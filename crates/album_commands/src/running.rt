//! What the subcommands share: how many reads they make, the files that they read, the status that they end with, and
//! how they are put together.

use album_judge::Fault;
use clap::{Arg, Command, value_parser};
use std::alloc::{AllocError, Global};
use std::fs;
use std::process::ExitCode;
use std::rt::Files;

/// How many reads a run may make.
pub const TURNS: u64 = 4_294_967_296;

/// The file at the path, to be read. Where it can't be opened, or is a folder, standard error says so.
///
/// # Errors
///
/// `Reading`, where there is no such file to be opened.
pub fn open<T: Files + Eprint>(rt: &T, path: &str) -> Result<T::File, Fault> {
    if matches!(fs::metadata(rt, path), Ok(found) if found.is_dir()) {
        let _ = eprintln!(rt; "album: {path}: a folder, and no file");
        return Err(Fault::Reading);
    }
    fs::open(rt, path).map_err(|error| {
        let _ = eprintln!(rt; "album: {path}: {error}");
        Fault::Reading
    })
}

/// The status of a run, with its fault on standard error. Nothing can be done where that fails too.
pub fn status(rt: &impl Eprint, outcome: Result<(), Fault>) -> ExitCode {
    match outcome {
        Ok(()) => ExitCode::SUCCESS,
        Err(fault) => {
            let _ = eprintln!(rt; "album: {fault}");
            ExitCode::from(1)
        }
    }
}

/// The argument that names a port.
pub(crate) fn port_arg<'a>(alloc: Global) -> Arg<'a> {
    Arg::new(alloc, "PORT")
        .help("The port of 127.0.0.1")
        .required(true)
        .value_parser(value_parser!(u16).range(1..))
}

/// The command with one more argument. A failure is passed on to the end. So a command is put together in as many calls
/// as it has parts, and its function has no `?` at which it would let the others go.
pub(crate) fn with_arg<'a>(
    command: Result<Command<'a>, AllocError>,
    arg: Arg<'a>,
) -> Result<Command<'a>, AllocError> {
    command?.arg(arg)
}

/// The command with one more subcommand, likewise.
pub(crate) fn with_subcommand<'a>(
    command: Result<Command<'a>, AllocError>,
    subcommand: Result<Command<'a>, AllocError>,
) -> Result<Command<'a>, AllocError> {
    command?.subcommand(subcommand?)
}
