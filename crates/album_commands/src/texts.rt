//! What the program and its subcommands say of themselves, and of their lines.

pub(crate) const ABOUT: &str =
    "A photo album store that judges by NFSv4 access lists, with proved decisions";

pub(crate) const JUDGE_ABOUT: &str =
    "Answers each line of standard input, a question about an access list, by one line";

pub(crate) const JUDGE_HELP: &str =
    r#"A line is a JSON object. This one asks whether amy may read (mask 1) an object of bo's that carries a
list of one entry:

  {"entries":[["allow","amy@users",1,0]],"group":0,"mask":1,"owner":"bo@users","who":"amy@users"}

  entries  the list: [type, who, mask, flags] each, in order. A type is allow, deny, audit or alarm.
           A who is name@users, number@groups (with flag 64), OWNER@, GROUP@, EVERYONE@, ANONYMOUS@
           or AUTHENTICATED@
  group    the number of the group that GROUP@ means
  mask     the bits that are asked, added up: 1 read, 2 write, 4 append, .. (docs/FORMATS.md has all)
  owner    who owns the object: name@users
  who      the principal: name@users or ANONYMOUS@
  kind     may be left out: picture, album or group, the object that carries the list
  groups   may be left out: [number, members] each, a member being name@users or number@groups
  policy   may be left out: 1; or 2, which lets an owner always read and change the list of what he owns

It is answered by one of these lines, `at` being the index of the entry that denies, from 0:

  {"answer":"granted"}
  {"answer":"denied","at":0}
  {"answer":"denied","at":"end"}
  {"name":"BadMask","refused":5}

The lines of each FILE are answered in turn, in the place of standard input."#;

pub(crate) const REPLAY_ABOUT: &str =
    "Opens a store by the first lines of standard input, and prints the outputs of the events that follow";

pub(crate) const REPLAY_HELP: &str =
    r#"Lines are JSON objects. The opening comes first: how the store is opened, each item with its value, and
that these are all. Two partitions, and a picture of amy's with a list that lets everyone read it:

  {"open":{"checked":true,"parts":2}}
  {"item":"picture/0","value":{"content":"736561","group":0,"home":0,"list":0,"owner":"amy@users","title":"Sea"}}
  {"item":"list/0","value":{"entries":[["allow","EVERYONE@",1,0]]}}
  {"begin":true}

  open     parts, how many partitions there are, from 1 to 16. These may be left out: limit, the marks for
           which a partition has room (100000), and a write makes two at each that it concerns; policy,
           1, 2 or 3 (1); checked, whether a write is kept only on the versions that its author saw (false):
           where it isn't, of writes of one item that race all but one may be lost; first, the greatest
           counter of the stamps that epochs before drew (0); trace, whether each message that is sent is
           printed (false)
  value    of a picture: content, group, home, list, owner and title; of an album: children, group, home,
           list, owner and title; of a list: entries; of a group: group, list, members and owner

Every later line is an event, or a range of deliveries. Here bo asks to read the picture, and the messages
are delivered:

  {"ask":{"do":"read","object":"picture/0"},"client":1,"who":"bo@users"}
  {"deliver":[1,16]}

  ask      who is name@users or ANONYMOUS@, client a number from 1 to 65535, and do one of read, list,
           get_list, head, children, add_picture, add_album, add_group, retitle, replace, delete, move,
           set_lists, set_owner, set_members and share, each with fields of its own (docs/FORMATS.md has all)
  deliver  the number of a message, the first that is sent being 1; or [first, last], at most 10000 of them
  sweep    part and stamp: the partition asks the others for the state of a write that is pending at it
  stop     the number of a client, which stops for good
  trim     item and part: the partition lets old versions of the item go

Each output of an event is one line: a note, a message in a trace, an answer. So is each refusal:

  {"answer":"served","client":1,"content":"736561","object":"picture/0","stamp":0,"title":"Sea"}
  {"name":"NoSuchMessage","refused":14}

A refused event changes nothing, and a refused opening ends the run. With FILE the script is read from it."#;

pub(crate) const ASK_ABOUT: &str =
    "Sends each line of standard input to a service, and prints the line that answers it";

pub(crate) const ASK_HELP: &str =
    r#"A line is a request; any other line of a connection is sent as it is:

  {"do":"read","object":"picture/0"}
  {"do":"set_lists","lists":[["picture/0",[["allow","EVERYONE@",1,0]]]]}
  {"pending":0}

On a terminal each is asked for by a prompt. With --text an answer is spelled out:

  {"answer":"served","client":1,"object":"picture/0","stamp":0,"text":"sea","title":"Sea"}
  {"answer":"denied","client":1,"reasons":[["picture/0","DELETE","end"]]}
  {"answer":"committed","client":1,"object":"picture/65537","stamp":65537}

The status is 1 where there is no service at the port, where it refuses WHO, or where it ends before the
last line is answered."#;

pub(crate) const EXPLAIN_ABOUT: &str =
    "Says of each line where it is refused, or which entry decides each bit";

pub(crate) const EXPLAIN_HELP: &str =
    r#"The lines are those of `album judge`. Each that isn't blank is explained by one line, with its number:

  {"at":"entries[1].mask","line":3,"name":"BadMask","refused":5,"value":512}
  {"answer":"denied","at":1,"bits":[["READ_DATA","allowed",0],["WRITE_DATA","denied",1]],"groups":[],"line":4}

  at       of a refusal the part of the line that fails its test, or the byte from which on it is no JSON;
           of a verdict the index of the entry that denies, from 0, or "end"
  bits     of each bit that is asked its name, whether it is allowed, and the index of the entry that decides
           it: "end" where none does, "owner" where a policy gives it
  groups   the numbers of the line's groups that the principal is in
  value    the number that is there, if one is

The status is 1 where a line is refused. The lines of each FILE are explained in turn, in the place of
standard input, and counted from 1 in each."#;

pub(crate) const OPENING_ABOUT: &str =
    "Says of each line of an opening, and of the events after it, what it is or where it is refused";

pub(crate) const EVENT_ABOUT: &str = "Says of each line which event it is, or where it is refused";

pub(crate) const TALK_ABOUT: &str =
    "Says of each line of a connection what it is, or where it is refused";

pub(crate) const LINES_HELP: &str =
    r#"The lines are those of `album replay`, and of a connection to `album serve`. Each that isn't blank is
explained by one line, with its number:

  {"kind":"ask","line":3,"reads":"event"}
  {"at":"ask.lists[0].entries[1].mask","line":4,"name":"BadMask","refused":5,"value":512}
  {"at":"line 3: value.list","line":6,"name":"BadOpening","refused":22,"value":0}

  kind     what the line is, by the name in it that says so, where it isn't refused
  reads    what it is read as: opening, event or talk
  remark   of the header of a store that isn't checked: which writes may be lost
  at       of a refusal the part of the line that fails its test; the byte from which on it is no JSON; or, of
           an opening that is refused as a whole, the line with the part that fails
  value    the number that is there, if one is

The status is 1 where a line is refused. The lines of each FILE are explained in turn, in the place of
standard input, and counted from 1 in each."#;

pub(crate) const MASK_ABOUT: &str =
    "Prints the number of a mask's names, or the names of its number";

pub(crate) const FLAGS_ABOUT: &str =
    "Prints the number of the names of an entry's flags, or the names of their number";

pub(crate) const NAMES_HELP: &str = r#"As in

  $ album mask READ_DATA,WRITE_ACL
  {"mask":262145}
  $ album flags 3
  {"flags":3,"names":["FILE_INHERIT","DIRECTORY_INHERIT"]}

docs/FORMATS.md has all names."#;

pub(crate) const CHECK_DATA_ABOUT: &str =
    "Looks whether a service would begin on a folder, and on what";

pub(crate) const CHECK_DATA_HELP: &str =
    r#"The folder is that of album serve PORT --data DIR. Its newest epoch is read, as a start reads it:

  {"epoch":3,"items":4,"lines":17}

This epoch's log has 17 lines, and the next one would open with 4 items. Where a line is damaged, standard
error names the file, the line and its first byte, and the status is 1. Nothing is changed, unless
--repair-to-line is given. The epoch that is read then stays as it is, as the one before the newest."#;

pub(crate) const DUMP_ABOUT: &str = "Prints all that a running service has, as an opening";

pub(crate) const DUMP_HELP: &str =
    r#"The service at the port of 127.0.0.1 is asked for what it would leave to its next epoch, which has all
that was answered committed before. It goes on meanwhile. What is printed is an opening, for album replay or
album serve --opening. Where the service has admins, --as has to be one of them."#;

pub(crate) const SERVE_ABOUT: &str =
    "Opens a store by the lines of standard input, and answers the requests of connections to a port";

pub(crate) const SERVE_HELP: &str =
    r#"The opening is that of a replay (album replay --help). Each connection to the port of 127.0.0.1 then says
its principal in its first line, and is answered one line for each line:

  {"who":"bo@users"}
  {"ask":{"do":"read","object":"picture/0"}}
  {"pending":0}
  {"sweep":{"part":0,"stamp":65537}}
  {"trim":{"item":"picture/0","part":0}}

  {"answer":"hello","client":1}
  {"answer":"served","client":1,"content":"736561","object":"picture/0","stamp":0,"title":"Sea"}
  {"answer":"pending","stamps":[]}
  {"name":"NotPrepared","refused":17}
  {"answer":"trimmed"}"#;

pub(crate) const NO_TEXT: &str = r#"error: invalid UTF-8 was detected in one or more arguments

Usage: album <COMMAND>

For more information, try '--help'."#;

**********

**ABOUT THIS TASK:** Only the number is wanted: how many lines in the listing hold "events"?

**EXPECTED OUTPUT:** 2